我发现,当泛型关系错综复杂时,仅通过阅读简单的源代码是无法追踪的.
有没有办法透露编译器对特定泛型 struct 或函数的实例化轨迹?
Elaborated:
感谢你对这个问题感兴趣.它在这里进行了详细阐述.我最近在研究经度 crate .因此,以它为例.
use warp::Filter;
async fn handler_without_parameter() -> Result<impl warp::Reply, warp::Rejection> {
Ok(warp::reply::json(&"dumb".to_string()))
}
fn main() {
let get_items = warp::get()
.and(warp::path("/"))
.and(warp::path::end())
.and_then(handler_without_parameter); //Ok here
}
async fn handler_without_parameter() -> Result<impl warp::Reply, warp::Rejection> {
Ok(warp::reply::json(&"dumb".to_string()))
}
fn main() {
let para: HashMap<String, String> = HashMap::new();
let para_filter = warp::any().map(move || para.clone()); // A filter with data
let get_items = warp::get()
.and(warp::path("/"))
.and(warp::path::end())
.and(para_filter) //chain with the data filter
.and_then(handler_without_parameter); // error[E0593]: function is expected to take 1 argument, but it takes 0 arguments
}
在链接筛选器(它与数据一起)之后,方法and_then的参数预期为1个自变量.我对and_then的这个需求变化很好奇,所以我试着弄清楚这个方法的单形化过程.
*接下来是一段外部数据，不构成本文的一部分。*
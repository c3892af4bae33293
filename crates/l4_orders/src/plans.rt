//! Litmus tests: the parts of a file.
ghost use Rattle.std.specs.Prelude.{◌≡◌, IfOk, OnOk, option_map, slice_get};
ghost use Rattle.std.specs.Option.{option_copied};
ghost use Rattle.l4_orders.specs.Inside.Parts.{is_of};
ghost use Rattle.l4_orders.specs.Plans.{line_at, next_of, cancels_at, gone_with, none_gone};

use l4_names::Names;
use std::alloc::{AllocError, Global};

/// A line of a litmus test, with its number in the file.
#[derive(Drop)]
pub struct PlanLine {
    pub number: u64,
    pub bytes: Vec<u8>,
}

/// The lines of a thread in their order, or the lines that end its waits (`timeout` and `cancel`).
#[derive(Drop)]
pub struct Block {
    pub thread: u32,
    /// Whether the lines end waits of the thread. Then each can be executed when the thread waits, and otherwise when it runs.
    pub cancels: bool,
    pub lines: Vec<PlanLine>,
}

/// A litmus test: the lines before `unordered`, the lines of each thread after it, the queries and rules after `finally`, and the names of
/// threads. With a rule that is about all threads, the queries of their replies follow (as lines of number 0).
#[derive(Drop)]
pub struct Plan {
    pub first: Vec<PlanLine>,
    pub blocks: Vec<Block>,
    pub queries: Vec<PlanLine>,
    pub names: Names,
}

/// Counts one more line of the thread at a place. Returns an error if there is no such count.
pub(crate) fn advance(gone: &mut Vec<usize>, place: usize) -> Result<(), AllocError>
    ensures { OnOk result (gone.new.items ≡ gone_with gone.old.items place) }
{
    if place >= gone.len() {
        return Ok(());
    }
    let Some(next) = gone[place].checked_add(1) else {
        return Err(AllocError);
    };
    gone[place] = next;
    Ok(())
}

impl Block {
    /// Returns whether the block has the lines of this thread, or with `cancels` those that end its waits.
    pub(crate) fn is_of(&self, thread: u32, cancels: bool) -> bool
        ensures { result ≡ is_of thread cancels self.now }
    {
        self.thread == thread && self.cancels == cancels
    }

    /// Returns the line at a place.
    pub(crate) fn line(&self, place: usize) -> Option<&PlanLine>
        ensures { option_copied result ≡ slice_get self.now.lines.items place }
    {
        self.lines.get(place)
    }
}

impl Plan {
    /// Returns the counts of a state in which no thread has executed any of its lines.
    pub(crate) fn none_gone(&self, alloc: Global) -> Result<Vec<usize>, AllocError>
        ensures { IfOk result (λ gone. gone.items ≡ none_gone self.now) }
    {
        vec![in alloc; 0usize; self.blocks.len()]
    }

    /// Returns the next line of the thread at a place, where the threads have executed this many lines each.
    pub(crate) fn line_at(&self, gone: &[usize], place: usize) -> Option<&PlanLine>
        ensures { option_copied result ≡ line_at self.now.blocks.items gone.now place }
    {
        let count = gone.get(place)?;
        let block = self.blocks.get(place)?;
        block.lines.get(*count)
    }

    /// Returns whether the lines at a place end waits.
    pub(crate) fn cancels(&self, place: usize) -> bool
        ensures { result ≡ cancels_at self.now.blocks.items place }
    {
        match self.blocks.get(place) {
            Some(block) => block.cancels,
            None => false,
        }
    }

    /// Returns the thread at a place, and its next line, where the threads have executed this many lines each.
    pub(crate) fn next_of(&self, gone: &[usize], place: usize) -> Option<(u32, &[u8])>
        ensures { option_map (λ n. (n.0, n.1.now)) result
            ≡ next_of self.now.blocks.items gone.now place }
    {
        let count = gone.get(place)?;
        let block = self.blocks.get(place)?;
        let line = block.lines.get(*count)?;
        Some((block.thread, line.bytes.as_slice()))
    }
}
https://docs.rs/warp/0.3.5/warp/trait.Filter.html#method.and_then个
fn and<F>(self, other: F) -> And<Self, F>
where
Self: Sized,
<Self::Extract as Tuple>::HList: Combine<<F::Extract as Tuple>::HList>,
F: Filter + Clone,
F::Error: CombineRejection<Self::Error>,
{
And {
first: self,
second: other,
}
}
fn and_then<F>(self, fun: F) -> AndThen<Self, F>
where
Self: Sized,
F: Func<Self::Extract> + Clone,
F::Output: TryFuture + Send,
<F::Output as TryFuture>::Error: CombineRejection<Self::Error>,
{
AndThen {
filter: self,
callback: fun,
}
}
基本特征是:
pub trait FilterBase {
type Extract: Tuple; // + Send;
type Error: IsReject;
type Future: Future<Output = Result<Self::Extract, Self::Error>> + Send;
fn filter(&self, internal: Internal) -> Self::Future;
fn map_err<F, E>(self, _internal: Internal, fun: F) -> MapErr<Self, F>
...
}
我不明白为什么添加的链接会引起and_then方法的需求更改,因为对我来说,这里的泛型关系非常复杂.
Even with the hints provided by rust-analyzer, it doesn't help a lot, because the Extract = ... part is eclipsed.